Entonces, en la planta baja estaban todos los editores de habla inglesa, y de ahí hacia arriba, el resto del mundo. En el primer piso estaban Argentina, España, Italia, Francia, Brasil, Portugal. A los europeos no les gustaba nada estar en el mismo piso que los latinoamericanos. En esas escaleras mecánicas me dije: “Con o sin la familia, a este mundo quiero pertenecer”.

Mi fascinación era saber que todos los que subían y bajaban eran editores, esos miles y miles que circulaban hablando todos los idiomas del planeta. No todos los idiomas, pero en ese momento para mí eran todos. En realidad, los derechos de traducción se trafican el 80% entre 9 idiomas solamente. ¿Por qué fue una locura? Porque yo tenía que hacer buena letra, estaba con mis padres – Javier y Gabriela Vergara – pero realmente me costaba.

Alojábamos en un hotelito, el Westfälingerhof, barato, frente a la estación, a la vuelta de la zona roja, y que en un momento dado incorporó en su planta baja un restaurante chino más barato aún. Allí alojaban también Gloria y Jaime Rodrigué, que viajaban por Sudamericana, y Nicolás e Ivna Costa, fundadores de la agencia International Editors en Buenos Aires, todos ahorrando. Mi madre, aunque amenazada siempre por el exceso de gastos –era culposa y mi padre no le daba gran tranquilidad financiera—fue feliz el año en que finalmente lograron tener una habitación en el Frankfurterhof (a mí me siguieron mandando al hotelito de estación, donde era muy feliz, en cama de monje y con baño afuera). Se la consiguió Alfredo Machado, el fundador de Editora Record de Brasil, padre de Sergio, y de Sonia, quien hoy conduce esa gran casa editorial. Eran vitalicias esas habitaciones, y los editores hacían cualquier cosa por conservarlas. De hecho, cuando años después mi padre vendió Javier Vergara Editor a Ediciones B, la habitación del Frankfurterhof no era parte del inventario, pero suscitó un entredicho, del que yo misma fui parte: “Papá, ¡guárdeme la habitación en el Frankfurterhof para mí por favor!” Con una grave carta mediante, me la consiguió. Yo sabía que no era ninguna frivolidad. Era un tema de estricta estrategia de negocios.

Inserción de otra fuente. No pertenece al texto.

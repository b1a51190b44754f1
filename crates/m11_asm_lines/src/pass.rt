//! The state of one pass over a source. (MACRO-11 Language Reference Manual, "Symbols and expressions" and "Program section directives".)

ghost use Rattle.std.specs.Prelude.{◌≡◌, ◌≤◌, IfOk, IfErr, length};
ghost use Rattle.m11_asm_faults.specs.declared.fault.AsmFault.TheVariants.{NoMemory};
ghost use Rattle.m11_asm_directives.specs.Changes.{move_model};
ghost use Rattle.m11_asm_rules.specs.Changes.{with_move, with_section, with_modes, with_value};
ghost use Rattle.m11_asm_rules.specs.Labels.{with_block, with_definition, with_doubly_defined, with_global};
ghost use Rattle.m11_asm_rules.specs.Limits.{has_too_many, local_count, most_defined_names, most_local_symbols, most_sections, name_count};
ghost use Rattle.m11_asm_rules.specs.Tables.{first_table};
ghost use Rattle.m11_asm_lines.specs.Faults.{Overfills, OverfillsFirst};
ghost use Rattle.m11_asm_rules.specs.declared.definitions.Definition.{Definition as AnyDefinition};
ghost use Rattle.m11_asm_rules.specs.declared.definitions.Key.TheVariants.{Named, Numbered};

use m11_asm_directives::Move;
use m11_asm_faults::AsmFault;
use m11_asm_rules::{Definition, Key, Modes, Table};
use m11_base::{Name, Seed};
use std::alloc::{AllocError, Global};
use std::marker::Model;

/// The most names that a table may define, including those of the eight registers.
const MOST_DEFINED_NAMES: usize = 4104;

/// The most local symbols that a table may define.
const MOST_LOCAL_SYMBOLS: usize = 16384;

/// The most sections that a table may have, including the absolute one and the blank one.
const MOST_SECTIONS: usize = 64;

/// The state of one pass over a source: the table. The table's limits are checked before anything grows.
#[derive(Drop)]
pub struct Pass {
    pub(crate) alloc: Global,
    pub(crate) table: Table,
}

impl Model for Pass {
    ghost use Rattle.m11_asm_rules.specs.Tables.{Table as LineTable};

    ghost Value = { LineTable };

    ghost view = { λ p. p.table };
}

impl Pass {
    /// The state before the first line. Error: memory may be refused.
    pub fn new(alloc: Global, seed: Seed) -> Result<Pass, AllocError>
        ensures { IfOk result (λ pass. pass ≡ first_table) }
    {
        Ok(Pass {
            alloc,
            table: Table::new(alloc, seed)?,
        })
    }

    /// States the limits on names, local symbols and sections, which hold even after a refusal. The function does nothing.
    #[inline(always)]
    pub fn counts_are_within_the_limits(&self)
        ensures names { name_count self.now ≤ most_defined_names }
        ensures symbols { local_count self.now ≤ most_local_symbols }
        ensures sections { length self.now.sections ≤ most_sections }
    {
        self.table.counts_are_within_the_limits();
    }

    /// The seed of the hashes in the table's maps and sets.
    pub fn seed(&self) -> Seed {
        self.table.seed()
    }

    /// The table after the lines so far.
    pub fn table(&self) -> &Table
        ensures { result.now ≡ self.now }
    {
        &self.table
    }

    // Sets the last definition of a name. Errors: `TooManySymbols` if more than 4,104 names would be defined, and `NoMemory`.
    pub(crate) fn define_name(&mut self, name: Name, definition: Definition) -> Result<(), AsmFault>
        ensures defines { IfOk result (λ _. self.new ≡ with_definition (Named name) definition self.old) }
        ensures refuses { IfErr result (λ fault. OverfillsFirst fault (with_definition (Named name) definition self.old)) }
    {
        self.table.counts_are_within_the_limits();
        if self.lacks_room(name) {
            return Err(AsmFault::TooManySymbols);
        }
        self.table.insert_name(name, definition)?;
        Ok(())
    }

    // Whether a name can't be defined, since it is new and 4,104 names are defined.
    // speed: the count is tested first, so that a name is looked up only once, when it is inserted; most sources have far fewer names
    #[inline(always)]
    pub(crate) fn lacks_room(&self, name: Name) -> bool
        ensures { (definition : AnyDefinition) → result ≡ has_too_many (with_definition (Named name) definition self.now) }
    {
        self.table.counts_are_within_the_limits();
        self.table.name_count() >= MOST_DEFINED_NAMES && !self.table.is_defined(&Key::Named(name))
    }

    // Sets the last definition of a local symbol. Errors: `TooManySymbols` if more than 16,384 local symbols would be defined, and
    // `NoMemory`.
    pub(crate) fn define_symbol(
        &mut self,
        block: u64,
        number: u16,
        definition: Definition,
    ) -> Result<(), AsmFault>
        ensures defines { IfOk result (λ _. self.new ≡ with_definition (Numbered block number) definition self.old) }
        ensures refuses { IfErr result (λ fault. OverfillsFirst fault (with_definition (Numbered block number) definition self.old)) }
    {
        self.table.counts_are_within_the_limits();
        if self.table.local_symbol_count() >= MOST_LOCAL_SYMBOLS
            && !self.table.is_defined(&Key::Numbered(block, number))
        {
            return Err(AsmFault::TooManySymbols);
        }
        self.table.insert_symbol(block, number, definition)?;
        Ok(())
    }

    // Assigns a definition to a name, and makes the name global if `is_global` is true. The name of a label becomes doubly defined instead.
    // Errors: `TooManySymbols` and `NoMemory`.
    // speed: inline, since a call would pass the definition through memory.
    #[inline(always)]
    pub(crate) fn assign(
        &mut self,
        name: Name,
        is_global: bool,
        definition: Definition,
    ) -> Result<(), AsmFault>
        ensures assigns { IfOk result (λ _. self.new ≡ with_value name is_global definition self.old) }
        ensures refuses { IfErr result (λ fault. Overfills fault (with_value name is_global definition self.old)) }
    {
        self.counts_are_within_the_limits();
        if self.table.is_labelled(&Key::Named(name)) {
            return self.double(&Key::Named(name));
        }
        self.define_name(name, definition)?;
        self.counts_are_within_the_limits();
        if is_global {
            self.export(name)?;
        }
        Ok(())
    }

    // Marks a key as doubly defined. Error: `NoMemory`.
    pub(crate) fn double(&mut self, key: &Key) -> Result<(), AsmFault>
        ensures doubles { IfOk result (λ _. self.new ≡ with_doubly_defined key.now self.old) }
        ensures refuses { IfErr result (λ fault. fault ≡ NoMemory) }
    {
        self.table.double(key)?;
        Ok(())
    }

    // Makes a name global. Error: `NoMemory`.
    pub(crate) fn export(&mut self, name: Name) -> Result<(), AsmFault>
        ensures exports { IfOk result (λ _. self.new ≡ with_global name self.old) }
        ensures refuses { IfErr result (λ fault. fault ≡ NoMemory) }
    {
        self.table.export(name)?;
        Ok(())
    }

    // Begins a new block of local symbols.
    pub(crate) fn open_block(&mut self)
        ensures { self.new ≡ with_block self.old }
    {
        self.table.open_block();
    }

    // Sets the modes for the lines that follow.
    pub(crate) fn set(&mut self, modes: Modes)
        ensures { self.new ≡ with_modes modes self.old }
    {
        self.table.set(modes);
    }

    // Selects a section, and begins a new block of local symbols. A new section gets these attributes. Errors: `TooManySections` if there
    // would be more than 64 sections, and `NoMemory`.
    pub(crate) fn select(&mut self, name: Name, attributes: u8) -> Result<(), AsmFault>
        ensures selects { IfOk result (λ _. self.new ≡ with_section name attributes self.old) }
        ensures refuses { IfErr result (λ fault. Overfills fault (with_section name attributes self.old)) }
    {
        self.table.counts_are_within_the_limits();
        if self.table.section_count() >= MOST_SECTIONS
            && self.table.section_number(name).is_none()
        {
            return Err(AsmFault::TooManySections);
        }
        self.table.select(name, attributes)?;
        Ok(())
    }

    // Moves the counter of the current section on, or sets it.
    pub(crate) fn count(&mut self, step: Move)
        ensures { self.new ≡ with_move (move_model step) self.old }
    {
        match step {
            Move::Steps(size) => self.table.step(size),
            Move::Goes(location) => self.table.go_to(location),
        }
    }
}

Esa primera Frankfurt fue un aprendizaje duro, de ensayo y error. Dejé plantada a la agente literaria británica Ann Warnford Davies, quien luego me daría alojamiento en Londres (en un sótano helado, pero barato, en fin, probablemente fue su venganza); no iba a las citas pre-pactadas porque me iba a conocer los alrededores de la ciudad, salía de noche con mis nuevos amigos y de alguna forma lograba volver a mi humilde hotelito de la estación. Pero decidí mi vida en la edición, con una seguridad que jamás me abandonó.

Eran épocas de un gran protagonismo de nuestro continente, en especial de los editores argentinos: peleábamos derechos mundiales del español con muy pocos editores españoles, al menos para los grandes best-sellers, por los que se arriesgaban cifras “de cinco ceros” como hablan muchos agentes que viven de alimentar leyendas. Con Jorge Naveiro, factótum del catálogo de “Grandes novelistas” de Emecé, mi padre había llegado a un acuerdo “de caballeros” por el cual no se robarían autores mutuamente. Acuerdo que traicionó Naveiro cuando nos sacó a Oriana Fallaci (cuyo viaje invitada por nosotros a presentar “Un hombre” a Buenos Aires en 1983, en los estertores de la dictadura, es otra historia) con el mamotreto de “Inshallah”.

Hoy Frankfurt sobrevive en una pantalla de zoom. Pero resiste y fascina.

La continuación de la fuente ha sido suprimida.